Strategy Recommendations

  1. Minimize parlay exposure: The compounding hold on parlays means they should be used sparingly, if at all, by serious bettors. If you must parlay, keep leg count low (2--3 legs) and be aware of the effective hold you are paying.

  2. Avoid SGPs for value: Same-game parlays carry the highest effective margins in the industry. The correlation modeling is opaque, and the embedded margin is designed to be difficult to comparison-shop. Treat SGPs as entertainment, not as a value-seeking strategy.

  3. Shop lines aggressively: The competition analysis shows that the difference between the best and worst available odds can exceed 3 percentage points. Using an odds comparison tool and maintaining accounts at multiple sportsbooks is one of the highest-impact strategies for reducing your effective cost.
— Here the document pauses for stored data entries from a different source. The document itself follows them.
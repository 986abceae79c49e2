//! The flows of operations.

ghost use Rattle.std.specs.Prelude.{◌≡◌, ◌++◌, ◌∷◌, [], map, OnOk, IfOk};
ghost use Rattle.op_text.specs.Language.{statement, operation};
ghost use Rattle.op_rules.specs.Meets.{OperationMeets};
ghost use Rattle.loop_ir.specs.Plain.{steps_of, flow_of};
ghost use Rattle.loop_ir.specs.Statements.{slots_of, StatementMeets, IsPlaced};
ghost use Rattle.loop_ir.specs.Lowered.{IsLowered};
ghost use Rattle.uprog_gen.specs.Layout.{IsLayoutMap};
ghost use Rattle.word_lower.specs.Forms.{HasForm};
ghost use Rattle.word_flow.specs.Programs.{is_flow_statement};
ghost use Rattle.uprog_gen.specs.Programs.{IsAsWritten};
ghost use Rattle.uprog_gen.specs.Entries.{AreFronts};

use crate::layout::lay_out;
use crate::ops::Lowered;
use block_lower::Searched;
use faults::keep;
use loop_front::front;
use loop_ir::{LoopProgram, NameMap};
use mig_graph::NoMemory;
use op_text::{Op, Stmt};
use std::alloc::Global;
use word_flow::lower_flow;
use word_lower::{is_linear, lower_linear};

/// Whether it is a word operation that is a flow.
fn is_flow(s: &Stmt) -> bool
    ensures { result ≡ is_flow_statement (statement s.now) }
{
    match s {
        Stmt::Word { op, .. } => !is_linear(*op),
        Stmt::Serial { .. } => false,
    }
}

/// The loop program of a statement.
fn lower_statement(
    s: &Stmt,
    names: &NameMap,
    searched: &mut Searched,
    alloc: Global,
) -> Result<LoopProgram, NoMemory>
    requires meets { StatementMeets (slots_of names.now) (statement s.now) }
    requires placed { IsPlaced (slots_of names.now) names.now.free_bit names.now.free_word
        (statement s.now) }
    ensures lowered { IfOk result (λ p. IsLowered (slots_of names.now) names.now.free_bit
        names.now.free_word (statement s.now) (steps_of p)) }
    ensures form { IfOk result (λ p. HasForm (slots_of names.now) (statement s.now) (steps_of p)) }
    ensures written { IfOk result (λ p. IsAsWritten (slots_of names.now) names.now.free_bit
        names.now.free_word (statement s.now) (steps_of p)) }
{
    if is_flow(s) {
        lower_flow(s, names, alloc)
    } else {
        lower_linear(s, names, searched, alloc)
    }
}

/// The places of an operation's names, and the flows of its statements.
///
/// It is an `Err` only where it runs out of memory.
pub fn lower(op: &Op, searched: &mut Searched, alloc: Global) -> Result<Lowered, NoMemory>
    requires meets { OperationMeets (operation op.now) }
    ensures names { IfOk result (λ l. IsLayoutMap (operation op.now) l.names) }
    ensures fronts { IfOk result (λ l. AreFronts (slots_of l.names) l.names.free_bit
        l.names.free_word (operation op.now).body (map flow_of l.flows.items)) }
{
    let names = lay_out(op, alloc)?;
    let mut flows = Vec::new(alloc);
    for s in &op.body {
        let program = lower_statement(s, &names, searched, alloc)?;
        let flow = front(program, alloc)?;
        keep(&mut flows, flow)?;
    }
    Ok(Lowered { names, flows })
}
  4. Focus on straight bets: Straight bets on spreads and totals at competitive odds (-110 or better) offer the lowest hold percentage and the most liquid markets, making them the most favorable playground for quantitative bettors.
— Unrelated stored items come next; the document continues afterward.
//! The code of an operation.

ghost use Rattle.std.specs.Prelude.{◌≡◌, ℕ, ◌<◌, ◌≤◌, List, length, map, IfOk};
ghost use Rattle.std.specs.List.{AllByRecursion};
ghost use Rattle.uprog_code.specs.Shape.{shape_of};
ghost use Rattle.loop_ir.specs.Plain.{flow_of, StepOf, Block};
ghost use Rattle.loop_ir.specs.Flows.{AllFlow, flow_size};
ghost use Rattle.loop_ir.specs.Costs.{body_cost};
ghost use Rattle.loop_ir.specs.Limits.{IsSmall};
ghost use Rattle.uprog_gen.specs.Where.{IsSpot};
ghost use Rattle.uprog_gen.specs.Entries.{AreFlowsOf, IsCodeOf};

use crate::flow::emit_flow;
use faults::keep;
use loop_ir::Flow;
use mig_graph::NoMemory;
use std::alloc::Global;
use uprog_code::{EntryCode, Head, Uop};

/// The code of an operation whose statements have these flows.
///
/// It is an `Err` only where it runs out of memory.
pub fn compile_entry(head: Head, flows: &[Flow], alloc: Global) -> Result<EntryCode, NoMemory>
    requires small { AllByRecursion (AllFlow IsSmall) (map flow_of flows.now) }
    requires short { AllByRecursion (λ f. flow_size body_cost f ≤ 256) (map flow_of flows.now) }
    requires few { length flows.now ≤ 16 }

    ensures head { IfOk result (λ entry. entry.head ≡ head) }
    // It is the code of whichever loop programs these are the flows of.
    ensures code { IfOk result (λ entry. (statements : List (List (StepOf Block)))
        → AreFlowsOf (IsSpot (shape_of head)) statements (map flow_of flows.now)
        → IsCodeOf (shape_of head) statements entry.code.items) }
{
    let mut code = Vec::new(alloc);
    for flow in flows {
        emit_flow(flow, &mut code)?;
    }
    keep(&mut code, Uop::Done)?;
    Ok(EntryCode { head, code })
}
  5. Exploit promotions selectively: Promotional odds boosts and free bets temporarily reduce or eliminate the effective hold. Exploiting these offers systematically is one of the few ways to achieve a negative hold (positive expected value) without a predictive edge.


Your Turn: Extension Projects

  1. Model hold by sport: How does hold percentage vary across sports (NFL, NBA, MLB, soccer)? Collect odds from an odds comparison API and compute realized margins.

  2. Build a correlated parlay model: Extend the SGP analysis to model how within-game correlation (e.g., between spread and total) affects fair parlay pricing versus the market.

  3. Simulate bookmaker competition: Model a market with 5 competing sportsbooks that each try to maximize handle while maintaining target margins. How do equilibrium odds emerge?

  4. Analyze live betting margins: Compare hold percentages for pre-game versus in-play markets. How does the time pressure and information asymmetry of live betting affect margins?


Discussion Questions

  1. Why does the sportsbook industry tolerate very low margins on straight bets (4--5%) while charging much higher margins on parlays (15--35%+)? How does customer segmentation enable this dual pricing strategy?

  2. If a bettor understands hold percentages, should they ever place a parlay? Under what specific conditions might a parlay be strategically justified?

  3. How would the widespread adoption of betting exchanges in the US affect hold percentages on straight bets? Would operators respond by increasing parlay promotion?

  4. Why is the realized hold on futures so much more variable than on straight bets? How does this variance affect the sportsbook's financial planning?

  5. As AI pricing becomes more sophisticated and margins tighten on straight bets, will the industry become increasingly reliant on parlay revenue? What are the ethical implications?